>>>>
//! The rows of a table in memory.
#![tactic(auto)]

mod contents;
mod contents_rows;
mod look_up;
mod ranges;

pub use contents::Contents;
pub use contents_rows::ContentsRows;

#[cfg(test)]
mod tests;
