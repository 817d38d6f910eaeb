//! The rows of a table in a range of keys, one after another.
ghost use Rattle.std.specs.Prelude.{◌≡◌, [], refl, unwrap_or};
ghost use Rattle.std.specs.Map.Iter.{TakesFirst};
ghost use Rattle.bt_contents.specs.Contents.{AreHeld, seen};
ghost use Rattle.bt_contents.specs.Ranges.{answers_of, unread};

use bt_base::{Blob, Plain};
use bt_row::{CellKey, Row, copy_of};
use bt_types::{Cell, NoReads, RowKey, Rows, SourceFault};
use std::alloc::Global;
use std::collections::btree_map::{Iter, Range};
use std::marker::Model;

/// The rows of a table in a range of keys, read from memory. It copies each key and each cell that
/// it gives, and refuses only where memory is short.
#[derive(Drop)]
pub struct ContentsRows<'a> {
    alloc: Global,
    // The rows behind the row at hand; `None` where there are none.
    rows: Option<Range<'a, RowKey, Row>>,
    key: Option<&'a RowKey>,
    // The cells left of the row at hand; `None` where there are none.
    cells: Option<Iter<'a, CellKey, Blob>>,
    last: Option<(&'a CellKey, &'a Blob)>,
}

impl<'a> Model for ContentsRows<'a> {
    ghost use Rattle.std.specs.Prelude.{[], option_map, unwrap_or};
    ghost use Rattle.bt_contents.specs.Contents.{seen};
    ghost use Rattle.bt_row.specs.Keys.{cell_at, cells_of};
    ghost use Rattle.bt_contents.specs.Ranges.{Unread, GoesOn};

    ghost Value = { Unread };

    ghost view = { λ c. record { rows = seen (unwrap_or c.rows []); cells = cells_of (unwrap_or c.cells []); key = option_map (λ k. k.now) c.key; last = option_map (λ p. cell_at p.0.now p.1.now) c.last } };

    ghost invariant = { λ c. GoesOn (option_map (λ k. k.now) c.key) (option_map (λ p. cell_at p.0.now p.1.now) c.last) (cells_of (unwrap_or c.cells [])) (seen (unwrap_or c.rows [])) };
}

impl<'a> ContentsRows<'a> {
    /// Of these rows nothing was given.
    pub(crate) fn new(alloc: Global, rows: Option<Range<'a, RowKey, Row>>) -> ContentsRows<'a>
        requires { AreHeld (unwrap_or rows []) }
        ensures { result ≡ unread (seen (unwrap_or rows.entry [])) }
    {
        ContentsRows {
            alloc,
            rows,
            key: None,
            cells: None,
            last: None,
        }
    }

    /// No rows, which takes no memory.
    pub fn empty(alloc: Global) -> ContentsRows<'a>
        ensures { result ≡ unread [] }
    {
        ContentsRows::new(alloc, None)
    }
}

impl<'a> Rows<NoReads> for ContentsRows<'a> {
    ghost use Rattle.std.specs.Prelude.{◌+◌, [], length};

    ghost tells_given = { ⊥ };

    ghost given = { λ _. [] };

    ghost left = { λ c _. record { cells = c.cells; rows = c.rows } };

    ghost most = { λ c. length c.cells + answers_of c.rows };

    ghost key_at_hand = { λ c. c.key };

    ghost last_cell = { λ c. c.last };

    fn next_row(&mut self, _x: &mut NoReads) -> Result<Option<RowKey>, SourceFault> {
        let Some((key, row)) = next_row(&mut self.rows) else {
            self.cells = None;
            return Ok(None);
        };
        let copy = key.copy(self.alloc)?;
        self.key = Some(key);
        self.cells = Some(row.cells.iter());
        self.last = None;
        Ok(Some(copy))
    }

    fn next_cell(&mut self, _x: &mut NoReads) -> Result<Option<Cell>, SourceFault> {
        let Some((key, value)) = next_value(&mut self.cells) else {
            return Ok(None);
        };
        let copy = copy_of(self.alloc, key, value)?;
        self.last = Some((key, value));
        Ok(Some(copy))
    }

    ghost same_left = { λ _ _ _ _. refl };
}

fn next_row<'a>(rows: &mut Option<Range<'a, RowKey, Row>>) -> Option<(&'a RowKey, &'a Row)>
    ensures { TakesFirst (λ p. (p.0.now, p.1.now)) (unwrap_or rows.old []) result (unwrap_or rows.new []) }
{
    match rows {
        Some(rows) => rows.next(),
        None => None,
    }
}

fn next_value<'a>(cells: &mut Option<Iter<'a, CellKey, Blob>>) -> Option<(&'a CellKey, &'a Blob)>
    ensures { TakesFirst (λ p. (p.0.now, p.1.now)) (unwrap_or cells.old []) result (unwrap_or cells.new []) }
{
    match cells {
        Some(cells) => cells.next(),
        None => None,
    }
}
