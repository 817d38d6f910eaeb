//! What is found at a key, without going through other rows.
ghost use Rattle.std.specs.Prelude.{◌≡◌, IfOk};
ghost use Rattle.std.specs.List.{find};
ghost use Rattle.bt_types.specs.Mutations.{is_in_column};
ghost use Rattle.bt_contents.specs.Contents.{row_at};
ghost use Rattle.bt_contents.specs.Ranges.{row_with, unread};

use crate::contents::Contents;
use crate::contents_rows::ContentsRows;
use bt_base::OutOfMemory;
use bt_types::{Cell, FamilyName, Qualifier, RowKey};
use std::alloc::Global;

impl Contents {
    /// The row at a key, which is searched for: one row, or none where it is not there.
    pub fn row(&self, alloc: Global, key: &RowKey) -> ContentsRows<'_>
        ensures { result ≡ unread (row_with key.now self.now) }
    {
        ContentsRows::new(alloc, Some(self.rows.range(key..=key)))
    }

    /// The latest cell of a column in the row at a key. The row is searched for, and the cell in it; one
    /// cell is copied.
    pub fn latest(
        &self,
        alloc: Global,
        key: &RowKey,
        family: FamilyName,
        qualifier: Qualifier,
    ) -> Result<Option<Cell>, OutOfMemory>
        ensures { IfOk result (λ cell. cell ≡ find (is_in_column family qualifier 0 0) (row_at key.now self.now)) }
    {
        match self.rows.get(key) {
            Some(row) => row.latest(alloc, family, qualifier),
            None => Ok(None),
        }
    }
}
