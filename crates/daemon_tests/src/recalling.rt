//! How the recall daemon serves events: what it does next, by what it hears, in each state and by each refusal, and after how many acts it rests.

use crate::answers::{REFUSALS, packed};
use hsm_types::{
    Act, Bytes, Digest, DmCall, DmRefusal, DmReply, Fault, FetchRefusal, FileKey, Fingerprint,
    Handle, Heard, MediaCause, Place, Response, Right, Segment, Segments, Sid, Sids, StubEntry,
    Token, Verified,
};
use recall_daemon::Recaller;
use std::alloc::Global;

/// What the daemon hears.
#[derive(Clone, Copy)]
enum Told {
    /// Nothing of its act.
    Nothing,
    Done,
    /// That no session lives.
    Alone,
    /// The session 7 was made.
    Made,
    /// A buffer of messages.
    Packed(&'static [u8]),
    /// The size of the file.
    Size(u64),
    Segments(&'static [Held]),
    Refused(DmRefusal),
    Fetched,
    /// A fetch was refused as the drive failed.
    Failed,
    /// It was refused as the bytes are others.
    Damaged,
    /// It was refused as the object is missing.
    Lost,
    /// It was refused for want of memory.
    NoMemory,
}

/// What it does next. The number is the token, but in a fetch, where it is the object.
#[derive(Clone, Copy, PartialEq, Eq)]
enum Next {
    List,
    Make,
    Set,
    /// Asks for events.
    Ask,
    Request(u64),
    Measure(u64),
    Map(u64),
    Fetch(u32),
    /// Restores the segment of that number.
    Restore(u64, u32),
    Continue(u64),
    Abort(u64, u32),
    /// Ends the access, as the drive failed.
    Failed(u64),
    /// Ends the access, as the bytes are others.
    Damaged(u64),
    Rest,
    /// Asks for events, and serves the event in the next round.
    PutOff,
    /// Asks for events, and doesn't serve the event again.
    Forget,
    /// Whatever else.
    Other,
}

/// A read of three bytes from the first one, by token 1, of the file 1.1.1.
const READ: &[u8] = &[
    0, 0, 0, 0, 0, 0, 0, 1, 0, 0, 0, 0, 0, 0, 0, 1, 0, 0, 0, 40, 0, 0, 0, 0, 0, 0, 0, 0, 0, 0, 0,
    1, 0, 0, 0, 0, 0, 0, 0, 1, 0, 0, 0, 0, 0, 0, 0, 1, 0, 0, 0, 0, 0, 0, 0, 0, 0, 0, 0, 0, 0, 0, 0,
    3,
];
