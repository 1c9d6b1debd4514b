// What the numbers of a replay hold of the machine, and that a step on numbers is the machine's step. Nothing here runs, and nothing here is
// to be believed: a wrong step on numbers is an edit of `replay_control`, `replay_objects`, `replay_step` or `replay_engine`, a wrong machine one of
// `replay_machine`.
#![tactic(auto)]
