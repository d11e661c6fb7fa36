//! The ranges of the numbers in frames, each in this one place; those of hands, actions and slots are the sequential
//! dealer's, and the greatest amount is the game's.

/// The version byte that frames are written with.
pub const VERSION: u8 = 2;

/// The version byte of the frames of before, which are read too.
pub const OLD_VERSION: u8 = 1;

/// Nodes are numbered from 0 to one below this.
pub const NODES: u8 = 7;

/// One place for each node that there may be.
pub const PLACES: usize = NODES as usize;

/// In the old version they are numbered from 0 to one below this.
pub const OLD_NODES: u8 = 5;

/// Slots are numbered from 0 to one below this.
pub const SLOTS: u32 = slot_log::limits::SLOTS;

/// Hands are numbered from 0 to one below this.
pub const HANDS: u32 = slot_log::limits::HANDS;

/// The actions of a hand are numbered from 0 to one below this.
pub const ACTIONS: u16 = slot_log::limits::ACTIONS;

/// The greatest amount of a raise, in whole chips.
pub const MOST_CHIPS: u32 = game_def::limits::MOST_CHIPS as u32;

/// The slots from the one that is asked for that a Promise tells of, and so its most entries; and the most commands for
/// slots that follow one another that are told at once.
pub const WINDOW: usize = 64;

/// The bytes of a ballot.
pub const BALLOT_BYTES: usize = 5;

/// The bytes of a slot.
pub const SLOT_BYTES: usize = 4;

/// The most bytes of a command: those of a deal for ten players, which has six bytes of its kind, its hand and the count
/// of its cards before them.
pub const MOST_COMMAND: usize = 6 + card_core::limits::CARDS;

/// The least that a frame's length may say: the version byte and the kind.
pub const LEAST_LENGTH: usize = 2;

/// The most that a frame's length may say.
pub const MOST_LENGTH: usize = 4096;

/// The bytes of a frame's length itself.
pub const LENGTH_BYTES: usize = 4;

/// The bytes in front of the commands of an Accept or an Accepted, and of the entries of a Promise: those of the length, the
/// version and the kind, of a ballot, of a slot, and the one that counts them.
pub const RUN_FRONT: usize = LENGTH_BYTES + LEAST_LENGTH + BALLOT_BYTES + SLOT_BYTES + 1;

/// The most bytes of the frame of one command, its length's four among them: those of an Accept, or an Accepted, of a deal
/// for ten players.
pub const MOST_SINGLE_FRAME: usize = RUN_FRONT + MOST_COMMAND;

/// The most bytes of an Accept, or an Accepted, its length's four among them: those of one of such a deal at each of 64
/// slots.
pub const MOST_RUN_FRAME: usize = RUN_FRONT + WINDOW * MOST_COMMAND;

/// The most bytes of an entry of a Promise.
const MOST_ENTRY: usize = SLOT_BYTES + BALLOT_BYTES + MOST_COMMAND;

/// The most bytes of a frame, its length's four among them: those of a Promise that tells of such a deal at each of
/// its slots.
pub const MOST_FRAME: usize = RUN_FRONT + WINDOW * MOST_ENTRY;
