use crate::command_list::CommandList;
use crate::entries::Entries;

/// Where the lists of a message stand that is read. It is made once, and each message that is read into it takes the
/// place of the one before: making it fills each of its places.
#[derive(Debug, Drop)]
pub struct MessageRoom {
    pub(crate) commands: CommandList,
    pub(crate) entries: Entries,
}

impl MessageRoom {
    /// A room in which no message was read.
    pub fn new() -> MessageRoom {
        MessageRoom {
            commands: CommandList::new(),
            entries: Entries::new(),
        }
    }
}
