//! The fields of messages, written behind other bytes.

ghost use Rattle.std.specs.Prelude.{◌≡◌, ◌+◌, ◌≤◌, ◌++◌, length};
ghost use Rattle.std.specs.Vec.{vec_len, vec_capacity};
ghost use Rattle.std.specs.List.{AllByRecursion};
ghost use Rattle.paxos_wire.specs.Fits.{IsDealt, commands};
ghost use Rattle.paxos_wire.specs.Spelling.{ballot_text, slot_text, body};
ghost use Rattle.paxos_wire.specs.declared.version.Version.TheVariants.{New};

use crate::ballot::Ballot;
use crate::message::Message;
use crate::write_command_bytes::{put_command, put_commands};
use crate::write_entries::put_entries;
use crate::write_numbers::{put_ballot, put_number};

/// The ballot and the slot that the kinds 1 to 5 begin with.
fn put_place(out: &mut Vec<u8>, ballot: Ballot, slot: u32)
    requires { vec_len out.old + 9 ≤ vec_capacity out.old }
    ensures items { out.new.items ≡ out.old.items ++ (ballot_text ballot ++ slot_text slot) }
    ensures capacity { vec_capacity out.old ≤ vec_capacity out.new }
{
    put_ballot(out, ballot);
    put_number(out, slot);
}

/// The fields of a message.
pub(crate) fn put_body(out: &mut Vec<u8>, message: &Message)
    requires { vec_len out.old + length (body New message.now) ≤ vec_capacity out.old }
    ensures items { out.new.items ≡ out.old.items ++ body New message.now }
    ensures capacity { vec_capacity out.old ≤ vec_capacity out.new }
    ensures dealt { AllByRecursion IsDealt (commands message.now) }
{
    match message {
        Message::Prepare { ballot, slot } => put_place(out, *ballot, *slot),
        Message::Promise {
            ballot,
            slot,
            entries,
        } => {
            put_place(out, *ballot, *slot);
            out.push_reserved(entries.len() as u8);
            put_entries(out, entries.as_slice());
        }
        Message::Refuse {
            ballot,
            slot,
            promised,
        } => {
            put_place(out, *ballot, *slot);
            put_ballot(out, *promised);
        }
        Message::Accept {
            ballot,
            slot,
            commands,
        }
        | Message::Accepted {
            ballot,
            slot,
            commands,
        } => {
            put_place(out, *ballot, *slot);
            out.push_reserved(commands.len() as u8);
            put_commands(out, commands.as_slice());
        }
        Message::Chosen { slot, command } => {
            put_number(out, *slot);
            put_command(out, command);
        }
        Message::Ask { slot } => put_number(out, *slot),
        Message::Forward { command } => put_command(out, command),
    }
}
<<<<
#### [Work to be completed]
With "AreHeld" as the string to match, show every line of the entries above that has it.

#### [Solution]
ghost use Rattle.bt_contents.specs.Contents.{AreHeld, seen};
        requires { AreHeld (unwrap_or rows []) }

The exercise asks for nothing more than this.